New York Magazine has today posted an interview of novelist Rachel Cusk. The interview is by Heidi Julavits and opens with this brief summary of Cusk’s work:

Cusk is the author of three memoirs and nine novels, most recently Transit, which came out in January to rapturous reviews. It is the second in a planned trilogy that has, along with her memoirs, made her a cultish figure. She writes about motherhood and marriage and houses. In the hands of a different writer, these might be neutral topics. Neutral love in neutral boxes. Cusk is not neutral. She is divisive. Readers love her or readers really do not love her. She, Cusk, the human being, is often hated.

Most of the article is devoted to a discussion of some of her more “devisive” works, in particular the 2001 essay or memoir about motherhood entitled A Life’s Work. But at the beginning of that discussion this brief, throwaway paragraph appears:

Early in her career, Cusk was not especially controversial. She published three novels influenced by Evelyn Waugh. These books were deemed witty and clever. She won awards and gained notice.

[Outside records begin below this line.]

//! What is given to a builder again: the same class or mapping, or another one of the same character.

use icu_normalizer_core::builder::{CanonicalDataBuildError, CanonicalDataBuilder};
use icu_normalizer_core::canonical::CanonicalData;
use std::alloc::{AllocError, Global};

/// Data in which U+0323 was given each of these classes, one after another.
fn with_classes(
    alloc: Global,
    classes: &[u8],
) -> Result<CanonicalData<'static>, CanonicalDataBuildError> {
    let mut builder = CanonicalDataBuilder::new(alloc);
    for class in classes {
        builder.class('\u{323}', *class)?;
    }
    builder.build_data()
}

/// The class that U+0323 then has.
fn class_of(alloc: Global, classes: &[u8]) -> Option<u8> {
    match with_classes(alloc, classes) {
        Ok(data) => Some(data.as_borrowed().class('\u{323}')),
        Err(_) => None,
    }
}

#[test]
fn classes_given_again(rt: HostRuntime) {
    assert!(rt; class_of(rt.alloc(), &[220, 220]) == Some(220));
    assert!(rt; class_of(rt.alloc(), &[220; 151]) == Some(220));
}

#[test]
fn other_classes(rt: HostRuntime) {
    assert!(rt; class_of(rt.alloc(), &[220, 230]) == Some(220));
    assert!(rt; class_of(rt.alloc(), &[220, 255, 0]) == Some(220));
    assert!(rt; class_of(rt.alloc(), &[255, 220]).is_none());
}

/// A builder that was given a class for each of so many characters from U+20000 on.
fn of_many(alloc: Global, count: u32) -> Result<CanonicalDataBuilder, AllocError> {
    let mut builder = CanonicalDataBuilder::new(alloc);
    for code in 0x2_0000..0x2_0000 + count.min(1000) {
        if let Some(c) = char::from_u32(code) {
            builder.class(c, 230)?;
        }
    }
    Ok(builder)
}

/// What is built of that.
fn built_of_many(alloc: Global, count: u32) -> Option<CanonicalDataBuildError> {
    match of_many(alloc, count) {
        Ok(builder) => builder.build_data().err(),
        Err(_) => Some(CanonicalDataBuildError::Memory),
    }
}

#[test]
fn limit_of_different_characters(rt: HostRuntime) {
    assert!(rt; built_of_many(rt.alloc(), 150).is_none());
    assert!(rt; built_of_many(rt.alloc(), 151) == Some(CanonicalDataBuildError::Rules));
}

/// A builder that was given so often that U+1EA1 is composed of U+0061 and U+0323.
fn with_mapping(alloc: Global, times: usize) -> Result<CanonicalDataBuilder, AllocError> {
    let mut builder = CanonicalDataBuilder::new(alloc);
    for _ in 0..times {
        builder.map('ạ', 'a', Some('\u{323}'), true)?;
    }
    Ok(builder)
}

/// Why nothing is built of that, if so.
fn mapping_refusal(alloc: Global, times: usize) -> Option<CanonicalDataBuildError> {
    match with_mapping(alloc, times) {
        Ok(builder) => builder.build_data().err(),
        Err(_) => Some(CanonicalDataBuildError::Memory),
    }
}

/// Why nothing is built where U+1EA1 is then mapped to two others, or isn't composed of the two.
fn other_mapping_refusal(
    alloc: Global,
    first: char,
    is_composed: bool,
) -> Option<CanonicalDataBuildError> {
    let mut builder = with_mapping(alloc, 2).ok()?;
    builder.map('ạ', first, Some('\u{323}'), is_composed).ok()?;
    builder.build_data().err()
}

#[test]
fn mappings_given_again(rt: HostRuntime) {
    assert!(rt; mapping_refusal(rt.alloc(), 2).is_none());
    assert!(rt; mapping_refusal(rt.alloc(), 151).is_none());
}

#[test]
fn other_mappings(rt: HostRuntime) {
    let rules = Some(CanonicalDataBuildError::Rules);
    assert!(rt; other_mapping_refusal(rt.alloc(), 'b', true) == rules);
    assert!(rt; other_mapping_refusal(rt.alloc(), 'a', false) == rules);
    assert!(rt; other_mapping_refusal(rt.alloc(), 'a', true).is_none());
}

/// A builder that was given so often that U+FB01 is U+0066 and U+0069 by compatibility.
fn with_compatibility(alloc: Global, times: usize) -> Result<CanonicalDataBuilder, AllocError> {
    let mut builder = CanonicalDataBuilder::new(alloc);
    for _ in 0..times {
        builder.kmap('ﬁ', 'f', &['i'])?;
    }
    Ok(builder)
}

/// Why no compatibility tables are built of that, if so.
fn compatibility_refusal(alloc: Global, times: usize) -> Option<CanonicalDataBuildError> {
    match with_compatibility(alloc, times) {
        Ok(builder) => builder.build_nfkd().err(),
        Err(_) => Some(CanonicalDataBuildError::Memory),
    }
}

/// Why none are built where U+FB01 is then mapped to another, by compatibility or canonically.
fn other_compatibility_refusal(
    alloc: Global,
    is_canonical: bool,
) -> Option<CanonicalDataBuildError> {
    let mut builder = with_compatibility(alloc, 2).ok()?;
    if is_canonical {
        builder.map('ﬁ', 'f', Some('i'), false).ok()?;
    } else {
        builder.kmap('ﬁ', 'f', &['j']).ok()?;
    }
    builder.build_nfkd().err()
}

#[test]
fn compatibility_mappings_given_again(rt: HostRuntime) {
    assert!(rt; compatibility_refusal(rt.alloc(), 2).is_none());
    assert!(rt; compatibility_refusal(rt.alloc(), 151).is_none());
}

#[test]
fn other_compatibility_mappings(rt: HostRuntime) {
    let rules = Some(CanonicalDataBuildError::Rules);
    assert!(rt; other_compatibility_refusal(rt.alloc(), false) == rules);
    assert!(rt; other_compatibility_refusal(rt.alloc(), true) == rules);
}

These novels are indeed both “witty and clever”. They actually made one laugh, something that is much less likely to happen when reading the later, more controversial works. One would like to hear more about why Cusk’s work, especially her fiction, changed direction after the last of these early novels was published in 1997. This subject was hinted at in an earlier interview, but that line of questioning is not taken up in this one. See previous post. How much these early novels were inspired by any specific works of Evelyn Waugh is hard to say, but they were certainly written in the same satiric tradition and could equally well be said to have been “influenced” by  Anthony Powell, Kingsley Amis, Barbara Pym or Jane Austen. These novels remain in print (two in the US and all three in the UK) and are worth pursuing if one hasn’t already done so: Saving Agnes (1993), The Temporary (1995) and The Country Life (1997).